The divergence theorem
Once you understand the above example for the fundamental theorem of calculus, the divergence theorem actually becomes entirely trivial to see too. There is a vector field called $\mathbf{F}=F_x\mathbf{i}+F_y\mathbf{j}$ for basis vectors $\mathbf{i}$ and $\mathbf{j}$.

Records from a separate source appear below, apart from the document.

//! Each read fails in turn.

use super::cases::cases;
use super::*;

/// Returns whether a run ended with the failed read after `lines` lines, or before it as the case does.
fn has_stopped(alloc: Global, case: &Case, left: &Left, lines: u64) -> Result<bool, Fail> {
    if matches!(case.outcome.fault, Some(at) if at.line <= lines) {
        return Ok(left.outcome == case.outcome);
    }
    let at = At {
        line: lines.saturating_add(1),
        fault: Fault::ReadFailed,
    };
    let wanted = messages_until(alloc, case, lines, at)?;
    Ok(left.outcome == outcome_at(at) && left.messages.contents() == wanted.as_slice())
}

/// Returns whether a source that returns one byte per call and fails after `given` bytes leaves the output for
/// the lines whose LF was read.
fn fails_after(alloc: Global, case: &Case, texts: &Texts, given: usize) -> Result<bool, Fail> {
    let devices = Devices {
        reads: Plan::from_then_on(When::AfterBytes(given)),
        ..good(1)
    };
    let left = run_case(alloc, case, texts, devices)?;
    let lines = lines_within(texts.input.as_slice(), given);
    let has_stopped = has_stopped(alloc, case, &left, lines as u64)?;
    Ok(
        has_stopped
            && left.writer.flushes() == 1
            && texts.is_output_after(case, lines, left.writer.contents()),
    )
}

#[test]
fn each_read_fails(rt: HostRuntime) -> Result<(), Fail> {
    for case in cases() {
        let texts = Texts::of(rt.alloc(), case)?;
        for given in 0..texts.input.len() {
            let is_so = fails_after(rt.alloc(), case, &texts, given)?;
            expect_at(&rt, is_so, case.name, given);
        }
    }
    Ok(())
}
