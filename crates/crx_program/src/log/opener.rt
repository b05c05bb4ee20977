//! Opening files, with a log of the calls.

ghost use Rattle.std.specs.Prelude.{◌≡◌, [], None, Some, IfOk, is_some, true};
ghost use Rattle.std.specs.Io.Buffered.{writer_buffer, writer_inner};
ghost use Rattle.crx_program.specs.meaning.Calls.{options_to_read, with_call};
ghost use Rattle.crx_program.specs.meaning.Jobs.{options_of_target};
ghost use Rattle.crx_program.specs.meaning.Streams.{IsFreshlyOpened};

use super::{FileBuffer, Log, Logged, SourceFile, TargetFile};
use crx_lines::{Std, Uninterrupted, open_file};
use crx_runs::UntilFailure;
use std::fs::OpenOptions;
use std::io;
use std::rt::Files;

/// The files of a machine, and a log of the calls that opened one. Code that has this value but not the
/// machine can't open a file without the log.
#[derive(Drop)]
pub struct Opener<'a, H: Files> {
    files: &'a H,
    log: Log,
}

impl<'a, H: Files> Opener<'a, H> {
    /// Returns the files of a machine, with an empty log.
    pub fn new(files: &'a H) -> Opener<'a, H>
        ensures calls { result.log.calls ≡ [] }
    {
        Opener {
            files,
            log: Log::new(),
        }
    }

    /// Opens the file `name` for reading, and logs the call and its name. Returns the system's error, or
    /// `IsADirectory` for a folder. Only this call and [`Opener::open_to_write`] return a device with a name,
    /// the one passed to the system.
    pub fn open_to_read(&mut self, name: &str) -> io::Result<SourceFile<H::File>>
        ensures calls { self.new.log.calls ≡ with_call self.old.log.calls name.now options_to_read }
        ensures opened { IfOk result (IsFreshlyOpened name.now None) }
        ensures unread { IfOk result (λ device. device.inner.is_unread ≡ true) }
        ensures ends { IfOk result (λ device. device.inner.ends ≡ 0) }
    {
        let mut how = OpenOptions::new();
        how.read(true);
        self.log.add_call(name.as_bytes(), &how);
        let inner = open_file(self.files, name)?;
        let mut device = Logged::new(inner);
        device.opening.name.add(name.as_bytes());
        Ok(device)
    }

    /// Opens the file `name` for writing through `buffer`, which is empty, and logs the call. A file that
    /// exists is emptied if `force` is set; otherwise `AlreadyExists` is returned. A missing file is made.
    /// Returns the system's error; then `buffer` is dropped.
    pub fn open_to_write(
        &mut self,
        force: bool,
        name: &str,
        buffer: FileBuffer<H::File>,
    ) -> io::Result<TargetFile<H::File>>
        requires empty { writer_buffer buffer ≡ [] }
        ensures calls { self.new.log.calls ≡ with_call self.old.log.calls name.now (options_of_target force) }
        ensures opened { IfOk result (IsFreshlyOpened name.now (Some (options_of_target force))) }
        ensures empty { IfOk result (λ device. writer_buffer device.inner.inner ≡ []) }
        ensures file { IfOk result (λ device. is_some (writer_inner device.inner.inner).writer ≡ true) }
    {
        let mut how = OpenOptions::new();
        how.write(true);
        how.create(force);
        how.truncate(force);
        how.create_new(!force);
        self.log.add_call(name.as_bytes(), &how);
        let file = how.open(self.files, name)?;
        let mut filled = buffer;
        filled.get_mut().writer = Some(UntilFailure::new(Uninterrupted::new(file)));
        let mut device = Logged::new(Std::new(filled));
        device.opening.name.add(name.as_bytes());
        device.opening.how = Some(how);
        Ok(device)
    }
}
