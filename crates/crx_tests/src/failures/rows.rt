//! Single failures, with their output and messages typed out.

ghost use Rattle.std.specs.Prelude.{◌<◌};

use super::*;

/// The device that fails, after this number of bytes.
enum Failing {
    Reader(usize),
    Writer(usize),
    Messages(usize),
}

/// A compaction over a device that fails, and its results.
struct Row {
    name: &'static str,
    input: &'static str,
    skip: bool,
    failing: Failing,
    /// The lines that are written, and the bytes after them.
    lines: &'static str,
    output: &'static [u8],
    messages: &'static str,
    at: At,
}

/// Returns devices of which one fails; the reader returns one byte per call.
fn devices(failing: &Failing) -> Devices
    ensures { 0 < result.at_most }
{
    let good = Devices {
        written_at_most: ROOM,
        ..good(1)
    };
    match failing {
        Failing::Reader(given) => Devices {
            reads: Plan::from_then_on(When::AfterBytes(*given)),
            ..good
        },
        Failing::Writer(taken) => Devices {
            writes: Plan::from_then_on(When::AfterBytes(*taken)),
            ..good
        },
        Failing::Messages(taken) => Devices {
            reports: Plan::from_then_on(When::AfterBytes(*taken)),
            ..good
        },
    }
}

fn passes(alloc: Global, row: &Row) -> Result<bool, Fail> {
    let input = text(alloc, row.input)?;
    let mut output = text(alloc, row.lines)?;
    output.extend_from_slice(row.output)?;
    let reported = text(alloc, row.messages)?;
    let devices = devices(&row.failing);
    let left = run(alloc, Tool::Compact, row.skip, input.as_slice(), devices)?;
    Ok(
        left.outcome == outcome_at(row.at)
            && left.writer.contents() == output.as_slice()
            && left.messages.contents() == reported.as_slice(),
    )
}

const ROWS: &[Row] = &[
    // Three header lines of 81, 80 and 74 bytes, two epochs of 36 and 18
    Row {
        name: "the reader fails after line 7 and its LF",
        input: "H|E1|E2|E3|E4|E5",
        skip: false,
        failing: Failing::Reader(343),
        lines: "K|H|F1|C2",
        output: b"",
        messages: "ERROR line 8 code 20: read failed",
        at: At {
            line: 8,
            fault: Fault::ReadFailed,
        },
    },
    Row {
        name: "the reader fails after the first 3 bytes of line 7",
        input: "H|E1|E2|E3|E4|E5",
        skip: false,
        failing: Failing::Reader(328),
        lines: "K|H|F1",
        output: b"",
        messages: "ERROR line 7 code 20: read failed",
        at: At {
            line: 7,
            fault: Fault::ReadFailed,
        },
    },
    Row {
        name: "the writer fails after 30 bytes",
        input: "H",
        skip: false,
        failing: Failing::Writer(30),
        lines: "",
        output: b"3.0                 COMPACT RI",
        messages: "ERROR line 1 code 21: write failed",
        at: At {
            line: 1,
            fault: Fault::WriteFailed,
        },
    },
    Row {
        name: "a warning can't be written",
        input: "H|E1|B2|E3|E4|E5",
        skip: true,
        failing: Failing::Messages(0),
        lines: "K|H|F1",
        output: b"",
        messages: "",
        at: At {
            line: 7,
            fault: Fault::WriteFailed,
        },
    },
    Row {
        name: "the message of a fault can't be written",
        input: "H|E1|B2|E3|E4|E5",
        skip: false,
        failing: Failing::Messages(0),
        lines: "K|H|F1",
        output: b"",
        messages: "",
        at: At {
            line: 7,
            fault: Fault::BadFlags,
        },
    },
];

#[test]
fn a_device_fails(rt: HostRuntime) -> Result<(), Fail> {
    for row in ROWS {
        expect(&rt, passes(rt.alloc(), row)?, row.name);
    }
    Ok(())
}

The divergence is defined as
\begin{equation}
\frac{\mathrm{Di}f(x,y)}{\mathrm{Di}x} \equiv \frac{f(x+\Delta x,y)-f(x-\Delta x,y)}{2\Delta x} + \frac{f(x,y+\Delta y)-f(x,y-\Delta y)}{2\Delta y}.
\end{equation}
If we sum this expression in the $x$ direction, we find what we already obtained for the fundamental theorem of algebra,
\begin{equation}
\sum_{i=0}^N \frac{\mathrm{Di}f(x+i\Delta x,y)}{\mathrm{Di}x} = \frac{f\left( x+\left(N+\frac{1}{2}\right)\Delta x,y \right) - f\left( x-\left(\frac{1}{2}\right)\Delta x,y \right)}{\Delta x} - \frac{f(xx,y+\Delta y)-f(x,y-\Delta y)}{2\Delta y}.
\end{equation}
And if we do the same in the $y$ direction we obtain
\begin{equation}
\sum_{j=0}^M\sum_{i=0}^N \frac{\mathrm{Di}f(x+i\Delta x,y+j\Delta y)}{\mathrm{Di}x} = \sum_{j=0}^M\left( \frac{f\left( x+\left(N+\frac{1}{2}\right)\Delta x,y \right) - f\left( x-\left(\frac{1}{2}\right)\Delta x,y+j\Delta y \right)}{\Delta x}\right) + \sum_{i=0}^N \left( \frac{f\left(x+i\Delta x, y+\left(M+\frac{1}{2}\right)\Delta y \right) - f\left( x+i\Delta x, y-\left(\frac{1}{2}\right)\Delta y \right)}{\Delta y} \right).
\end{equation}
Or, rearranging, we find
\begin{equation}
\sum_{j=0}^M\sum_{i=0}^N \frac{\mathrm{Di}f(x+i\Delta x,y+j\Delta y)}{\mathrm{Di}x} \Delta x \Delta y = \sum_{j=0}^M\left( f\left( x+\left(N+\frac{1}{2}\right)\Delta x,y \right) - f\left( x-\left(\frac{1}{2}\right)\Delta x,y+j\Delta y \right)\right)\Delta y + \sum_{i=0}^N \left( f\left(x+i\Delta x, y+\left(M+\frac{1}{2}\right)\Delta y \right) - f\left( x+i\Delta x, y-\left(\frac{1}{2}\right)\Delta y \right) \right)\Delta x.
\end{equation}
This corresponds to a proof for the divergence theorem for a square area $(x,y)\in[(x_0,x_1)\times(y_0,y_1)]$,
\begin{align}
\iint_V \nabla \cdot \mathbf{F} \mathrm{d} x \mathrm{d} y & = \int_{y_0}^{y_1} f(x_1,y)\mathrm{d}y - \int_{y_0}^{y_1} f(x_0,y)\mathrm{d}y + \int_{x_0}^{x_1} f(x,y_1) \mathrm{d}x - \int_{x_0}^{x_1} f(x,y_0) \mathrm{d}x,
& = \oint_{\partial V} \mathbf{F}\cdot\mathbf{n}\mathrm{d}(\partial V).
\end{align}
Okay, the math isn’t pretty. But once you realize you’re dealing with a telescoping sum of finite-difference terms, the rest is conceptually straightforward!